¿Recuerdas aquel sol de mediatarde, teñido del naranja mas perfecto que podíamos haber deseado jamas?, quizá ya no, pero yo aun si.
Y ayer, solitario en mi bosque de memoria, con el viento de mi susurro danzando sobre mis cabellos, llevándose tu nombre lejos, allá lejos. Ayer, lo he visto de nuevo, aquel sol naranja y casi mágico, con la tibieza justa para alegrar el corazón aun en días de tormenta.
Y tu no estabas, no al menos en alma, si en cuerpo. Y te mire, me sonreíste y no dijiste mas, y con tus ojos pude sellar el aterciopelado recuerdo de nuestro sol, aquel sol fugaz, que jamas veré otra vez.
Comentarios
Es exactamente como lo dices, Madre. En este relato queria evocar esa sensacion de sentirte acompañado, pero a la vez solo. Y asi fue justamente como me senti ayer con mi pareja.

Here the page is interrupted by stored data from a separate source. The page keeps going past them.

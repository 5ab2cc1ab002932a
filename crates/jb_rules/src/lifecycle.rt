//! The steps of a row: its next chunk, and what becomes of the row when the chunk starts and when it ends.

ghost use Rattle.std.specs.Prelude.{◌≡◌, ◌≤◌, ◌+◌, ◌-◌, ◌*◌, ◌<◌};
ghost use Rattle.jb_base.specs.Limits.{max_item_count, max_records, max_rollbacks, max_in_place};
ghost use Rattle.jb_rules.specs.Counts.{IsDelta};
ghost use Rattle.jb_rules.specs.Laws.{RowsStaySound};
ghost use Rattle.jb_rules.specs.Rows.{row_block, remaining_of, begun_row, repeated_row, committed_row, skips_of, rolled_row, failed_row, dropped_row};
ghost use Rattle.jb_rules.specs.Sound.{IsSoundRow};

use crate::counts::Counts;
use crate::row::{Row, RowState};
use jb_base::Range;
use jb_plan::{chunks_left, next_chunk};

impl Row {
    /// The row's next chunk; if none is left, the empty range at its `at`.
    pub fn block(&self, item_count: u64) -> Range
        requires sound { IsSoundRow self.now }
        requires some_items { 1 ≤ item_count }
        requires few_items { item_count ≤ max_item_count }
        ensures block { result ≡ row_block item_count self.now }
        ensures from { result.lo ≡ self.now.at }
        ensures forward { result.lo ≤ result.hi }
        ensures some { self.now.at < self.now.hi → self.now.at < result.hi }
        ensures within { result.hi ≤ self.now.hi }
    {
        let none = Range {
            lo: self.at,
            hi: self.at,
        };
        next_chunk(self.at, self.redo, self.hi, item_count).unwrap_or(none)
    }

    /// How many chunks the row has left to start. It is 0 unless the partition waits.
    pub fn remaining(&self, item_count: u64) -> u64
        requires sound { IsSoundRow self.now }
        requires some_items { 1 ≤ item_count }
        requires few_items { item_count ≤ max_item_count }
        ensures { result ≡ remaining_of item_count self.now self.now.state }
    {
        match self.state {
            RowState::Waiting => chunks_left(self.at, self.redo, self.hi, item_count),
            RowState::Running(_) | RowState::Finished | RowState::Failed => 0,
        }
    }

    /// The row when this lane starts its next chunk.
    pub fn begun(&self, lane: u32) -> Row
        requires sound { IsSoundRow self.now }
        requires unfinished { self.now.at < self.now.hi }
        ensures row { result ≡ begun_row self.now lane }
        ensures sound { IsSoundRow result }
    {
        Row {
            state: RowState::Running(lane),
            ..*self
        }
    }

    /// The row after so many calls of its chunk were repeated in place. Each repeat is a retry.
    pub fn repeated(&self, again: u64) -> Row
        requires sound { IsSoundRow self.now }
        requires room { self.now.in_place + again ≤ max_in_place }
        ensures row { result ≡ repeated_row self.now again }
        ensures sound { IsSoundRow result }
    {
        let mut row = *self;
        row.repeat(again);
        row
    }

    /// As `repeated`, of the row itself.
    pub fn repeat(&mut self, again: u64)
        requires sound { IsSoundRow self.old }
        requires room { self.old.in_place + again ≤ max_in_place }
        ensures row { self.new ≡ repeated_row self.old again }
        ensures sound { IsSoundRow self.new }
    {
        self.retries += again;
        self.in_place += again;
    }

    /// The row after a chunk that ends at record `at` was committed with these counts.
    pub fn committed(&self, at: u64, delta: &Counts) -> Row
        requires sound { IsSoundRow self.now }
        requires from { self.now.at < at }
        requires to { at ≤ self.now.hi }
        requires delta { IsDelta (at - self.now.at) delta.now }
        ensures row { result ≡ committed_row self.now at delta.now }
        ensures sound { IsSoundRow result }
    {
        let mut row = *self;
        row.commit(at, delta);
        row
    }

    /// As `committed`, of the row itself.
    pub fn commit(&mut self, at: u64, delta: &Counts)
        requires sound { IsSoundRow self.old }
        requires from { self.old.at < at }
        requires to { at ≤ self.old.hi }
        requires delta { IsDelta (at - self.old.at) delta.now }
        ensures row { self.new ≡ committed_row self.old at delta.now }
        ensures sound { IsSoundRow self.new }
    {
        self.at = at;
        self.written += delta.write;
        self.counts.add(delta);
        self.state = if at == self.hi {
            RowState::Finished
        } else {
            RowState::Waiting
        };
    }

    /// How many faults the partition has skipped in chunks that were committed: in reads, process calls and writes.
    pub fn skips(&self) -> u64
        requires { IsSoundRow self.now }
        ensures value { result ≡ skips_of self.now }
        ensures few { result ≤ 2 * max_records }
    {
        self.counts.read_skip + self.counts.process_skip + self.counts.write_skip
    }

    /// The row after its chunk, which ends at record `end`, was rolled back to be retried. Its state stays: if a lane ran
    /// it, `dropped` makes it wait again.
    pub fn rolled(&self, end: u64) -> Row
        requires sound { IsSoundRow self.now }
        requires end { end ≤ self.now.hi }
        requires room { self.now.counts.rollback < max_rollbacks }
        ensures row { result ≡ rolled_row self.now end }
        ensures sound { IsSoundRow result }
    {
        let counts = Counts {
            rollback: self.counts.rollback + 1,
            ..self.counts
        };
        Row {
            redo: self.redo.max(end),
            retries: self.retries + 1,
            counts,
            ..*self
        }
    }

    /// The row after its chunk failed. A failing chunk is rolled back too, and counts as one rollback.
    pub fn failed(&self) -> Row
        requires sound { IsSoundRow self.now }
        requires unfinished { self.now.at < self.now.hi }
        requires room { self.now.counts.rollback < max_rollbacks }
        ensures row { result ≡ failed_row self.now }
        ensures sound { IsSoundRow result }
    {
        let counts = Counts {
            rollback: self.counts.rollback + 1,
            ..self.counts
        };
        Row {
            counts,
            state: RowState::Failed,
            ..*self
        }
    }

    /// The row after its chunk was given up, and nothing of it was done.
    pub fn dropped(&self) -> Row
        requires sound { IsSoundRow self.now }
        requires unfinished { self.now.at < self.now.hi }
        ensures row { result ≡ dropped_row self.now }
        ensures sound { IsSoundRow result }
    {
        Row {
            state: RowState::Waiting,
            ..*self
        }
    }
}

/// The law of a row's steps: each one keeps the row rules.
pub fn rows_stay_sound()
    ensures { RowsStaySound }
{}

Siempre me dijeron que los escritores emplean cosas cotidianas para escribir, y nunca lo crei. Ahora lo compruebo.
Gracias a las dos por haberse detenido a leer, niñas!
Concuerdo plenamente con eso, el futuro es solo para Dios, y le corresponde a el conocerlo, no a nosotros.
Esto si que es una verdad, pero desafortunadamente como no sabemos si tendremos un futuro, por eso será que nos da tan duro el presente:rolleyes:
Este escrito me parece una prosa poética,en la que el sentimiento de soledad y de abandono está bien patente.
Como tú dices, se escribe sobre situaciones o cosas propias, ajenas o imaginadas, pero verosímiles. No inventamos nada; escribimos sobre la vida,mirándolo por el cristal de nuestro pensamiento y sentimiento.
Saludos.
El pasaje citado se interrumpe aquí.